**Record extracts:**
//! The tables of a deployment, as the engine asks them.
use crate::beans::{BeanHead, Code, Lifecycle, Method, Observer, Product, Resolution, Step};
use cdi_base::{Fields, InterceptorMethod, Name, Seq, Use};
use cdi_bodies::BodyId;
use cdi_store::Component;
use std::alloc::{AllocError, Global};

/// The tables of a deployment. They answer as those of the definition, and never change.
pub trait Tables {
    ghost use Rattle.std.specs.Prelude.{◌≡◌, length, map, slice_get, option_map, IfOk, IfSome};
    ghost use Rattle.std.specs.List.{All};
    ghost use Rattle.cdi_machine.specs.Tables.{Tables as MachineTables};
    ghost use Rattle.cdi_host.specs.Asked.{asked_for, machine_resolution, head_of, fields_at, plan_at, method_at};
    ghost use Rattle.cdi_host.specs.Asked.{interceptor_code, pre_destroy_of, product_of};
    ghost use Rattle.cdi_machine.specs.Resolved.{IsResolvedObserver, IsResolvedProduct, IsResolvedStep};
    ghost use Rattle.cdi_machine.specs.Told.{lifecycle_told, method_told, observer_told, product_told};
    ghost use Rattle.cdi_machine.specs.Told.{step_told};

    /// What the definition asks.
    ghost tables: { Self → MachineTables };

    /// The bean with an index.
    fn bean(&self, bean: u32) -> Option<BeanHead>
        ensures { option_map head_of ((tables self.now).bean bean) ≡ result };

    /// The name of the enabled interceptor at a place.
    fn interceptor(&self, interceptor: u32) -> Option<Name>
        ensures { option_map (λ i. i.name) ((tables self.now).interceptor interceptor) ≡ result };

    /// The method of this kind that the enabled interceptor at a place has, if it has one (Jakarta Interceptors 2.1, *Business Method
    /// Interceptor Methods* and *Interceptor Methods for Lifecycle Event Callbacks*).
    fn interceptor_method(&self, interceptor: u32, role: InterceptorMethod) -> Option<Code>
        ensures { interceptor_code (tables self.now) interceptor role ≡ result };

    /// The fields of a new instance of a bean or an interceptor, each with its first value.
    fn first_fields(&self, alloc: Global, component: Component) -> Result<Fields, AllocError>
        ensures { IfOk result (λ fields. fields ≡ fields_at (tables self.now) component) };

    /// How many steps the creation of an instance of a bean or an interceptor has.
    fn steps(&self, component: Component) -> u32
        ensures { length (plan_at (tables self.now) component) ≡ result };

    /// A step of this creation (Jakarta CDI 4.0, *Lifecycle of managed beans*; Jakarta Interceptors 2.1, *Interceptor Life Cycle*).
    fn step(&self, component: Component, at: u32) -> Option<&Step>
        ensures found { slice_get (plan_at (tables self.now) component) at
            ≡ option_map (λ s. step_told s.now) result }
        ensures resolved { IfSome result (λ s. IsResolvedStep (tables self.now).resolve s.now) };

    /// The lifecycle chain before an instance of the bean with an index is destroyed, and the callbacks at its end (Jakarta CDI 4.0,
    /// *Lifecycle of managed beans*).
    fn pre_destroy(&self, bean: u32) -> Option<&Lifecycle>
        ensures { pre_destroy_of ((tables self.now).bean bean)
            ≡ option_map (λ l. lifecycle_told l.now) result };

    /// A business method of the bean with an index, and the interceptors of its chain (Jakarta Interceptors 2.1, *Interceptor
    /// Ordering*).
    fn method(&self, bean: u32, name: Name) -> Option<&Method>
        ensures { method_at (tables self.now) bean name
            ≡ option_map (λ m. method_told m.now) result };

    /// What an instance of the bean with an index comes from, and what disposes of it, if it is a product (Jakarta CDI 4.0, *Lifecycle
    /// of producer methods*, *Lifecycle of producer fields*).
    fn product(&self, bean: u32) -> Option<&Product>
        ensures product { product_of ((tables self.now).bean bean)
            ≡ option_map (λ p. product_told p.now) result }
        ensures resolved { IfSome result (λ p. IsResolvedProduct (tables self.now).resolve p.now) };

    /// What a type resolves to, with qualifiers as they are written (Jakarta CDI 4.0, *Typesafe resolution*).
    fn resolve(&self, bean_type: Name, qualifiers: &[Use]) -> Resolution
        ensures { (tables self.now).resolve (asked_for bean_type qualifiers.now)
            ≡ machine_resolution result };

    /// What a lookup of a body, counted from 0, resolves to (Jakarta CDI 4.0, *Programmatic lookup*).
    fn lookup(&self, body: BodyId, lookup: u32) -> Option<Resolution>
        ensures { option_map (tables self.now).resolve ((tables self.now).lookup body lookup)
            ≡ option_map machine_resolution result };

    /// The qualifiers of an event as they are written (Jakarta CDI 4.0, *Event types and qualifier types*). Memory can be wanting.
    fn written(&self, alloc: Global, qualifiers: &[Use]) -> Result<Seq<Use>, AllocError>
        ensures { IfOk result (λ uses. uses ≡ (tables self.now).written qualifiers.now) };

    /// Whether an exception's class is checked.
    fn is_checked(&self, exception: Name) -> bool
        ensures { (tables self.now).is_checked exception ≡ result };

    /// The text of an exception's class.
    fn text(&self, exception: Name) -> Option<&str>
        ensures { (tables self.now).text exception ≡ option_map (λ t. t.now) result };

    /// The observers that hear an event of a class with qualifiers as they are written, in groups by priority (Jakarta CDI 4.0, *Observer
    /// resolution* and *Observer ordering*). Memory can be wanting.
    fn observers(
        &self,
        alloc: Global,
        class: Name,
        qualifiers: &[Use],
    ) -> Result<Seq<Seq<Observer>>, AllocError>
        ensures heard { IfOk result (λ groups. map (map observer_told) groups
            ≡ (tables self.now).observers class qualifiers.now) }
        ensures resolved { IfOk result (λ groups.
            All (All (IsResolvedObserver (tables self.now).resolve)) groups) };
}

---

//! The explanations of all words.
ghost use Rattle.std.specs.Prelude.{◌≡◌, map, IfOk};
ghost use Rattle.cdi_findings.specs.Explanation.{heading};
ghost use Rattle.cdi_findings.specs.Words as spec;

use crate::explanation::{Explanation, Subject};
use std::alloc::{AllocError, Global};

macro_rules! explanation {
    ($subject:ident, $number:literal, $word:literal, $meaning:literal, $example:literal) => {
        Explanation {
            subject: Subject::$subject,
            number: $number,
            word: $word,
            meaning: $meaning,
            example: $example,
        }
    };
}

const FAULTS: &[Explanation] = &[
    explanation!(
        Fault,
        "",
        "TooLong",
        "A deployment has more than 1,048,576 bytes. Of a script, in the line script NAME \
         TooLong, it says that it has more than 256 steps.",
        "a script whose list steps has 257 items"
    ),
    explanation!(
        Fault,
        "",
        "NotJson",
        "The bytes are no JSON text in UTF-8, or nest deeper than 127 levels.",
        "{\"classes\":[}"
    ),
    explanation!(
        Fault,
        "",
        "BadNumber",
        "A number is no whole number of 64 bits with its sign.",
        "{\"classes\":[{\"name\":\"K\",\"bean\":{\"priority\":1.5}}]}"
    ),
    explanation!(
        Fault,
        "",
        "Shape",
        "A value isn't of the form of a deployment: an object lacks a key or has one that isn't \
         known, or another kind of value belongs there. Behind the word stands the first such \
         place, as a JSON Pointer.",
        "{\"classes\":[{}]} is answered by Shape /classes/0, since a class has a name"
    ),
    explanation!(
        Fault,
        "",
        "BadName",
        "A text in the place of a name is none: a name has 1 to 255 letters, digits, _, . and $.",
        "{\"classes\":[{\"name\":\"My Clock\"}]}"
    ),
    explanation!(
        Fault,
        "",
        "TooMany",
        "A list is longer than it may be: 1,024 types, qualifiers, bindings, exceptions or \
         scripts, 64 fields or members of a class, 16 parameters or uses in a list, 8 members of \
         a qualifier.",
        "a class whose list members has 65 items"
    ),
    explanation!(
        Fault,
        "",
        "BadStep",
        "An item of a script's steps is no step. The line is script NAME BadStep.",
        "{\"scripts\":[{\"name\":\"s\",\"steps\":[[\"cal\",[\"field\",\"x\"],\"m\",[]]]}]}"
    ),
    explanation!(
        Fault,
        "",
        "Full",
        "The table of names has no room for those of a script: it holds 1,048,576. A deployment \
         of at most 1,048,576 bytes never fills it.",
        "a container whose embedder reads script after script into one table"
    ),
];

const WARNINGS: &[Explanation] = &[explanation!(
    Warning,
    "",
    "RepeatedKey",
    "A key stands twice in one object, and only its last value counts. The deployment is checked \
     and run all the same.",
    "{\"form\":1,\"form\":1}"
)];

==

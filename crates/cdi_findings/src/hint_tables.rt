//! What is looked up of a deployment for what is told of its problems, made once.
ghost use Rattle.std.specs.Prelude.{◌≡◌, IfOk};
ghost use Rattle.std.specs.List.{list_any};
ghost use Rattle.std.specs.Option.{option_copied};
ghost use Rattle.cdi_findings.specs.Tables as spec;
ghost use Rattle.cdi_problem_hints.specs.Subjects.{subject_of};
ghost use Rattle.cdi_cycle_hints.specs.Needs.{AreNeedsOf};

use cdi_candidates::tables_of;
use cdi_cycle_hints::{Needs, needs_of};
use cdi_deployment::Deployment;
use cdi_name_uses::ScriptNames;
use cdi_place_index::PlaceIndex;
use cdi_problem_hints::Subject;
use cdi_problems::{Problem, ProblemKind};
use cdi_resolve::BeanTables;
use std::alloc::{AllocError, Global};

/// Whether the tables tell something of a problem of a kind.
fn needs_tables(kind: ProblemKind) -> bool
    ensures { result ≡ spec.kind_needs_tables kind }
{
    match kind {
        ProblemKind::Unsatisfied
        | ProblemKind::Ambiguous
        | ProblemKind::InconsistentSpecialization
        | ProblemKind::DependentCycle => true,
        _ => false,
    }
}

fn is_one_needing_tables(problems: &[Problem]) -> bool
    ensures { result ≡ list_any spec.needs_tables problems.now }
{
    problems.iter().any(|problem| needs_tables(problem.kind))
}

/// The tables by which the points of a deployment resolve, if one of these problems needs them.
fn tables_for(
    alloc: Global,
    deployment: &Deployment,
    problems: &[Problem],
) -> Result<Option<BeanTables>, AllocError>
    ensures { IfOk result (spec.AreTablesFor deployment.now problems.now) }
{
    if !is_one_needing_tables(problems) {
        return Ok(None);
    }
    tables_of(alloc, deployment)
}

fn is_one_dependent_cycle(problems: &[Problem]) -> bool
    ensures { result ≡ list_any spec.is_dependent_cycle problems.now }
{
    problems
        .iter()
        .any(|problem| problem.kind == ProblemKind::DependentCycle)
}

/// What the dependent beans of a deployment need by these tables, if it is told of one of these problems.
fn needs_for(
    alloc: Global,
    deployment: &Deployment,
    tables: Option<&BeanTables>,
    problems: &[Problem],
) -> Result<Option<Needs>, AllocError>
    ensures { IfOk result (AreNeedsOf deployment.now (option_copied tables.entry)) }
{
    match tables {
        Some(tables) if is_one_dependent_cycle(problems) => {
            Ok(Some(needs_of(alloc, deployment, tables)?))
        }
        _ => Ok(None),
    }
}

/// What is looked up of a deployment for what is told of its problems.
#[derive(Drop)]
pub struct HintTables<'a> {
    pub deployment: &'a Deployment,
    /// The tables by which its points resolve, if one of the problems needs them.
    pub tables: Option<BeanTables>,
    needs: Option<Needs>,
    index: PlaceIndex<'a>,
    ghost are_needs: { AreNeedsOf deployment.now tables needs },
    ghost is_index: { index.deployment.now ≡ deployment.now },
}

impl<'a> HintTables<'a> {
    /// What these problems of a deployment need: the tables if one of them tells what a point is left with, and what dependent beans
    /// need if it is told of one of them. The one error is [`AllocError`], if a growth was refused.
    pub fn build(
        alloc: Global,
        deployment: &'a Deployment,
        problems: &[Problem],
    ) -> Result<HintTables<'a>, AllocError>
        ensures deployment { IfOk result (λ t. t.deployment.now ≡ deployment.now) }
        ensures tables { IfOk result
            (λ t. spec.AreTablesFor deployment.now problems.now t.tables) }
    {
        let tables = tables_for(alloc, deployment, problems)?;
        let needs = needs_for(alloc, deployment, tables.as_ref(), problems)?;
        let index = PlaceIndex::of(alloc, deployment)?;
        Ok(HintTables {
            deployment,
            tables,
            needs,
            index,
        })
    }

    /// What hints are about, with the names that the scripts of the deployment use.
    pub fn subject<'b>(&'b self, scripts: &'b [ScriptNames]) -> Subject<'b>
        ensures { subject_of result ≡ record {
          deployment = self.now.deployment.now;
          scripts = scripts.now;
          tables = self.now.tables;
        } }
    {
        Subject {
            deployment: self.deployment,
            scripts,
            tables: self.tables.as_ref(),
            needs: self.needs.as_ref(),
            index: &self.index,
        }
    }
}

**Exercise directions:**
Within this material, how many lines include the word "those"? State only the number.

**Response to the task:**
2